** Opening Provided material block **

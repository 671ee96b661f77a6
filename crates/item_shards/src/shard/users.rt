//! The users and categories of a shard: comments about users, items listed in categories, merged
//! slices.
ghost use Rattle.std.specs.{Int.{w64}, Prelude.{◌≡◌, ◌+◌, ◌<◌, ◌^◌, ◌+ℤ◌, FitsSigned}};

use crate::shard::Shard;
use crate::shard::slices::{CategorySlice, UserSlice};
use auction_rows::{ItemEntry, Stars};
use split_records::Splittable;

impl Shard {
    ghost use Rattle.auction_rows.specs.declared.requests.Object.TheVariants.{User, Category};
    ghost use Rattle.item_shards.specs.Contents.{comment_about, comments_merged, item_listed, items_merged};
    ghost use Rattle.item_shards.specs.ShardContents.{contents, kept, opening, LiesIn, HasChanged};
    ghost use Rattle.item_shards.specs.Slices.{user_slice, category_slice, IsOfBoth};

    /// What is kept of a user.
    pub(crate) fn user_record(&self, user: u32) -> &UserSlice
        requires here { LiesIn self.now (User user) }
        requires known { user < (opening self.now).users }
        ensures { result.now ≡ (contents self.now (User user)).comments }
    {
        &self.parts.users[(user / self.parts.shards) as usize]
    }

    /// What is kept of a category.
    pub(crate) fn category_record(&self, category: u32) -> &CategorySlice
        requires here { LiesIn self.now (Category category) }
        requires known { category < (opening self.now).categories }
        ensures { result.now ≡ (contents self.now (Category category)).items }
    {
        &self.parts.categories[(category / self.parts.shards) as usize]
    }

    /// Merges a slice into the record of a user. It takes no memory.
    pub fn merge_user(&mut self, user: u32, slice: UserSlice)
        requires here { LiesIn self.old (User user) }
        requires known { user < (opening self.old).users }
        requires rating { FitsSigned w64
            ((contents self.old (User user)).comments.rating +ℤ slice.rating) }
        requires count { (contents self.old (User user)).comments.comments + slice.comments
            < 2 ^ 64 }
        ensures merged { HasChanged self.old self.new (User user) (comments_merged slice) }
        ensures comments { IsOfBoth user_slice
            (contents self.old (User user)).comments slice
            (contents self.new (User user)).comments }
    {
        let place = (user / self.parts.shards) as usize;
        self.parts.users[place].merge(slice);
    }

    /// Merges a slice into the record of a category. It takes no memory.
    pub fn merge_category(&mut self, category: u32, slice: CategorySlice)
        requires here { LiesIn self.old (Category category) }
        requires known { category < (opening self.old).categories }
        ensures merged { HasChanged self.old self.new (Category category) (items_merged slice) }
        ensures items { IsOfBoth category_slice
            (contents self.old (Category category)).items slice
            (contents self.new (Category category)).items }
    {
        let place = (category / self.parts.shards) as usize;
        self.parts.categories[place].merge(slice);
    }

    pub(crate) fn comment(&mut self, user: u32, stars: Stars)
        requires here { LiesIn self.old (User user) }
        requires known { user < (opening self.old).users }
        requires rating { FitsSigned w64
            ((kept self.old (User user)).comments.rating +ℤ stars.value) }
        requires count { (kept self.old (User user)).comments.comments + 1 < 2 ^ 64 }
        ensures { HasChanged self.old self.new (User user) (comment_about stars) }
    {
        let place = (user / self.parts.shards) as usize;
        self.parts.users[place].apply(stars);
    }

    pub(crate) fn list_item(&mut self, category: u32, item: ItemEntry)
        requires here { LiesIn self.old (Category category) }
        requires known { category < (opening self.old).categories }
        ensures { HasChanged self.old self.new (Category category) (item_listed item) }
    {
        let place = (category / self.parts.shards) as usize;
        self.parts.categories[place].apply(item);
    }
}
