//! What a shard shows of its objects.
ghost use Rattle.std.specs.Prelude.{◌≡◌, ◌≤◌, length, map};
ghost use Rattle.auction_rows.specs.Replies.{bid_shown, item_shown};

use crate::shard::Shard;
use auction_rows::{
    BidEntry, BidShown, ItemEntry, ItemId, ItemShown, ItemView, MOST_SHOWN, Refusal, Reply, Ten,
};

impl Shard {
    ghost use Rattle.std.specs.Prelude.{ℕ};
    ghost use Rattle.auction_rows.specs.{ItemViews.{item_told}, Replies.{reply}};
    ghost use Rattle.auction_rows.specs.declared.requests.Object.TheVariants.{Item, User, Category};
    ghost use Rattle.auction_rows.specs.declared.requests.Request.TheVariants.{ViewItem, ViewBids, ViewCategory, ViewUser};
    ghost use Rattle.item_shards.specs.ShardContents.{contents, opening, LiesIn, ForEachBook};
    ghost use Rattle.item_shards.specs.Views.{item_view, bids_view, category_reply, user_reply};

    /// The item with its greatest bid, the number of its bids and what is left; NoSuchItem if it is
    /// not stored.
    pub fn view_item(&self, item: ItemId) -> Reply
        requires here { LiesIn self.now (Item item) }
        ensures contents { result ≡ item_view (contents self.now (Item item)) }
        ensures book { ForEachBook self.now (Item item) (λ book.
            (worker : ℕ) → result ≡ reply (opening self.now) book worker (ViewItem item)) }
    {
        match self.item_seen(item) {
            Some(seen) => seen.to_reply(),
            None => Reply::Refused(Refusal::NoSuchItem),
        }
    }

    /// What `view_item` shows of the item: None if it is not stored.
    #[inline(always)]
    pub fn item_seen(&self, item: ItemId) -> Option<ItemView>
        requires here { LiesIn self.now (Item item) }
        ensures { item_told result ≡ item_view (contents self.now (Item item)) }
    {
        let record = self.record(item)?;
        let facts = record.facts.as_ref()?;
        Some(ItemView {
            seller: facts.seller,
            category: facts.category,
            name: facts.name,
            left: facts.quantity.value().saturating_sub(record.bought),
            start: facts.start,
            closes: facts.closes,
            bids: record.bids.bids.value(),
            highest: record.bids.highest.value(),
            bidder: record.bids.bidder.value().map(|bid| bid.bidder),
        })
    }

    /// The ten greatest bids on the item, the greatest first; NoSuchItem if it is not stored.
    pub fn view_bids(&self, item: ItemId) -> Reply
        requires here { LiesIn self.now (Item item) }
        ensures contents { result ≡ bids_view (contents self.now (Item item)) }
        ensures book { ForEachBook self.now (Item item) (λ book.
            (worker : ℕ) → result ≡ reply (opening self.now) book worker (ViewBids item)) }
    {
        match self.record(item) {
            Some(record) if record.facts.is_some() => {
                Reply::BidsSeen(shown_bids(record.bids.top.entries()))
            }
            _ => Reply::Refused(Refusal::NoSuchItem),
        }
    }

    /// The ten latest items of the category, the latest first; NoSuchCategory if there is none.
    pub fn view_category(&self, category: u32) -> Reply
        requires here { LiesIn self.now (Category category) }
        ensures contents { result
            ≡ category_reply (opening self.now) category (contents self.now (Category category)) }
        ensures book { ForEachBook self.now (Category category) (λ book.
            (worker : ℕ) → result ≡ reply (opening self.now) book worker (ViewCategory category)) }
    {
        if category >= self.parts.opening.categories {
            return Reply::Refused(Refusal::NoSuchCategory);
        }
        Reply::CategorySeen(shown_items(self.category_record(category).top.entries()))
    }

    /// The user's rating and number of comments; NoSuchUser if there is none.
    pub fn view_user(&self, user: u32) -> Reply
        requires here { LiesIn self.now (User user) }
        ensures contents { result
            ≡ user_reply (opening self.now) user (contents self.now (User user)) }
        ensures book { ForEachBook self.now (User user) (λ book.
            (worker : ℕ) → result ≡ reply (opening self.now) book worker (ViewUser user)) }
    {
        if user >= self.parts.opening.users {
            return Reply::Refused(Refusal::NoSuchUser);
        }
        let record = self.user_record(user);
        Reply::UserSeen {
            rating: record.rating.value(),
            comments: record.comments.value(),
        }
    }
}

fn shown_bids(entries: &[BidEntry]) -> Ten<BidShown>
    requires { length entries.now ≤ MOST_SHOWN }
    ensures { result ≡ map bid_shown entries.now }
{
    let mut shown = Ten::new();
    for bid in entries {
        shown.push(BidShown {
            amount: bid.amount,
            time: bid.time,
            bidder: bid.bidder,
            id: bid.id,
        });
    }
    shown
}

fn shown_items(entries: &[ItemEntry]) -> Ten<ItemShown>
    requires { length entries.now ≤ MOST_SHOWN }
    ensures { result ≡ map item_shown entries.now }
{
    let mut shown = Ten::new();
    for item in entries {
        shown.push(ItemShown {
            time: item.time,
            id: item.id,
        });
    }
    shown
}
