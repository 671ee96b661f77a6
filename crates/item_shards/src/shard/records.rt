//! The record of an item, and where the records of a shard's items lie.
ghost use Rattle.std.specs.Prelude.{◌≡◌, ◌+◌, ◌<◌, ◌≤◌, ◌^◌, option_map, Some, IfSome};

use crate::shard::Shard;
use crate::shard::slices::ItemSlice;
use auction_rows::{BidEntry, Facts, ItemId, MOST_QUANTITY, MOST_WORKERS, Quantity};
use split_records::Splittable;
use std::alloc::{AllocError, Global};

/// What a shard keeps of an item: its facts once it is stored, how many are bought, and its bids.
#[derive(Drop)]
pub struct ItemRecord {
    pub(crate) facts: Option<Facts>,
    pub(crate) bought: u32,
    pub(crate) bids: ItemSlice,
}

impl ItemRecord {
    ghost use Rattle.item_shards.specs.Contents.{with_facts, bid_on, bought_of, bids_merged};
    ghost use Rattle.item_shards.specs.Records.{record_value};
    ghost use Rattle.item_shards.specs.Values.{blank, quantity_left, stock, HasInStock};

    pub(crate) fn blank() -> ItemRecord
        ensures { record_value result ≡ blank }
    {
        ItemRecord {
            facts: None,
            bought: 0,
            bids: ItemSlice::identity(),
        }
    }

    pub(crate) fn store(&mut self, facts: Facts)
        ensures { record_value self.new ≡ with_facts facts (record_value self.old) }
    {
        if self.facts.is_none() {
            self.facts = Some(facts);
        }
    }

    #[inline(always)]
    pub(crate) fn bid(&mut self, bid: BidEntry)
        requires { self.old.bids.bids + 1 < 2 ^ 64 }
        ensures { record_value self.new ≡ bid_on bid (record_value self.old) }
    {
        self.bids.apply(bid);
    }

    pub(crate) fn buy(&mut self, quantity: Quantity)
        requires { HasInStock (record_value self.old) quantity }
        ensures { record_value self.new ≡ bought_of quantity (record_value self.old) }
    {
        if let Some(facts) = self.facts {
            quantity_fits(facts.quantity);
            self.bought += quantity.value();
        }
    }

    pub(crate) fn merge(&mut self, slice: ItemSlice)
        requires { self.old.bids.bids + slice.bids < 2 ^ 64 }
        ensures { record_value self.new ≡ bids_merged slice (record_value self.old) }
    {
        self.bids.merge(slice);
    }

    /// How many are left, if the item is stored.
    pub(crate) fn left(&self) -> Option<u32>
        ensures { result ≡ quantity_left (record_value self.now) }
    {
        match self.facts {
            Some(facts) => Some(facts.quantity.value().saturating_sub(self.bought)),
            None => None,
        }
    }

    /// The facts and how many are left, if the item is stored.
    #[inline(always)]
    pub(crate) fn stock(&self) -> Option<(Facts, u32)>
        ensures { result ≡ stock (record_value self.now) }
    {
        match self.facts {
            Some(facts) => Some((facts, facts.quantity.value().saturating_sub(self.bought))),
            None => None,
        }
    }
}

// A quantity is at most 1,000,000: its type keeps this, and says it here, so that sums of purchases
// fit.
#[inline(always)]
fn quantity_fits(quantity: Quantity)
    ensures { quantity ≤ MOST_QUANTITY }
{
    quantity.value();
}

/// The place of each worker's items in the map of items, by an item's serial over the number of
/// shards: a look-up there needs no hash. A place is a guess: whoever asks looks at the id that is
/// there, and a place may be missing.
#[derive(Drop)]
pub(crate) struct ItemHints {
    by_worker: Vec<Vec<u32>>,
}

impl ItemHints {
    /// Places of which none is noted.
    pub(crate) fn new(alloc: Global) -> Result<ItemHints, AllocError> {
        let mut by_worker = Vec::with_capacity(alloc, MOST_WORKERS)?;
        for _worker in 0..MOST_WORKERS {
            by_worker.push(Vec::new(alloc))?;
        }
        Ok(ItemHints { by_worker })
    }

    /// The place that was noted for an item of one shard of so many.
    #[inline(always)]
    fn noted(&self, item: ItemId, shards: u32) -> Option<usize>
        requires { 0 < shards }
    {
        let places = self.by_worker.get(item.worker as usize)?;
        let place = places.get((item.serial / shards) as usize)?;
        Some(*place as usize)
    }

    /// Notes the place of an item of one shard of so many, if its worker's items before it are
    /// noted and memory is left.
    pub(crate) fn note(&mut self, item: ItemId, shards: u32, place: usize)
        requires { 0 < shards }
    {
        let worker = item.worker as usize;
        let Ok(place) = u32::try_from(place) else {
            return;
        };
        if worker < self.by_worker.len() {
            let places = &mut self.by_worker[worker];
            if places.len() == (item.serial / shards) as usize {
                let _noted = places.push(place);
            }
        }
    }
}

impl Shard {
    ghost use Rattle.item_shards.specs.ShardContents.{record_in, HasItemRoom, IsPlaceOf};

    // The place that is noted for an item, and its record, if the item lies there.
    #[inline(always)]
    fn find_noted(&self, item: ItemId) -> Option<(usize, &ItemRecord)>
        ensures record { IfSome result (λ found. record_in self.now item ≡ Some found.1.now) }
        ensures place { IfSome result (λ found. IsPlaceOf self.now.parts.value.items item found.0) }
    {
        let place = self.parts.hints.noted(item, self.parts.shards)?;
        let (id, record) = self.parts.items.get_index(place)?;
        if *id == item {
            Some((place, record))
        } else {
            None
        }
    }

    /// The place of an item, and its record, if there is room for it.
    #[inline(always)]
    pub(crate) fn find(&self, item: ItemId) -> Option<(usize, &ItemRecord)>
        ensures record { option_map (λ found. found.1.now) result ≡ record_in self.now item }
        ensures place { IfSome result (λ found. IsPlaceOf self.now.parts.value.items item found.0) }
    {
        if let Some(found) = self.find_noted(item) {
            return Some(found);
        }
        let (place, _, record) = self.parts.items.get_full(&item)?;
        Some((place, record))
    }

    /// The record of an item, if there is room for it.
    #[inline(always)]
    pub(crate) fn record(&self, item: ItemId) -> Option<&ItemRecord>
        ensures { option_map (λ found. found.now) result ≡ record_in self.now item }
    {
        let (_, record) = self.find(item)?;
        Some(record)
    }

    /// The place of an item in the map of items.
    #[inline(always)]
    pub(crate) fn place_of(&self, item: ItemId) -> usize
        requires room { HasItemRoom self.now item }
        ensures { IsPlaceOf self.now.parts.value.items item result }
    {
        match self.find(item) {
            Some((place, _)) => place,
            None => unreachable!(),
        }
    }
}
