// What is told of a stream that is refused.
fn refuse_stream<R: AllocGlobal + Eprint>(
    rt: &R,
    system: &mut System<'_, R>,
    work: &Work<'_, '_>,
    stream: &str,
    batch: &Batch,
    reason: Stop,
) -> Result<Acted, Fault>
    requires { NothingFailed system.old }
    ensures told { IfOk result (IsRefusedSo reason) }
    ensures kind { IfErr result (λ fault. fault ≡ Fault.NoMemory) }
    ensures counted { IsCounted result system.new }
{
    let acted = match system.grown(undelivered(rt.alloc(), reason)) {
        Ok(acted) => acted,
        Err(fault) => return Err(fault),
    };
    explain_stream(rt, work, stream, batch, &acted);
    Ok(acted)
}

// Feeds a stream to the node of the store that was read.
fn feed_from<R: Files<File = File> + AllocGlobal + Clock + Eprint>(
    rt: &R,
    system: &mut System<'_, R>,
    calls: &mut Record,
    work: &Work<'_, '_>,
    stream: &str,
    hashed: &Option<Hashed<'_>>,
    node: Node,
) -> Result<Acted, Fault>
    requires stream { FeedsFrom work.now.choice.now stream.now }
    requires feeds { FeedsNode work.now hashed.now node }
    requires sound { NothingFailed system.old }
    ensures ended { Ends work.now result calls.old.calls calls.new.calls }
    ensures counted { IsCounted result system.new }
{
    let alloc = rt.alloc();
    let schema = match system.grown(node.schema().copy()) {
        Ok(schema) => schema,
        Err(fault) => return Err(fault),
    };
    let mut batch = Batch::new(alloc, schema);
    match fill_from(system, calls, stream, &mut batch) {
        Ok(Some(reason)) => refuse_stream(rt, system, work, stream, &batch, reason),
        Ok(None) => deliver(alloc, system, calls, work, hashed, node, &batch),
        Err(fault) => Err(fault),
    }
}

** Closing Provided material block **

Copy all lines above where "IsPlaceOf" is present.

Solution below.
    ghost use Rattle.item_shards.specs.ShardContents.{record_in, HasItemRoom, IsPlaceOf};
        ensures place { IfSome result (λ found. IsPlaceOf self.now.parts.value.items item found.0) }
        ensures place { IfSome result (λ found. IsPlaceOf self.now.parts.value.items item found.0) }
        ensures { IsPlaceOf self.now.parts.value.items item result }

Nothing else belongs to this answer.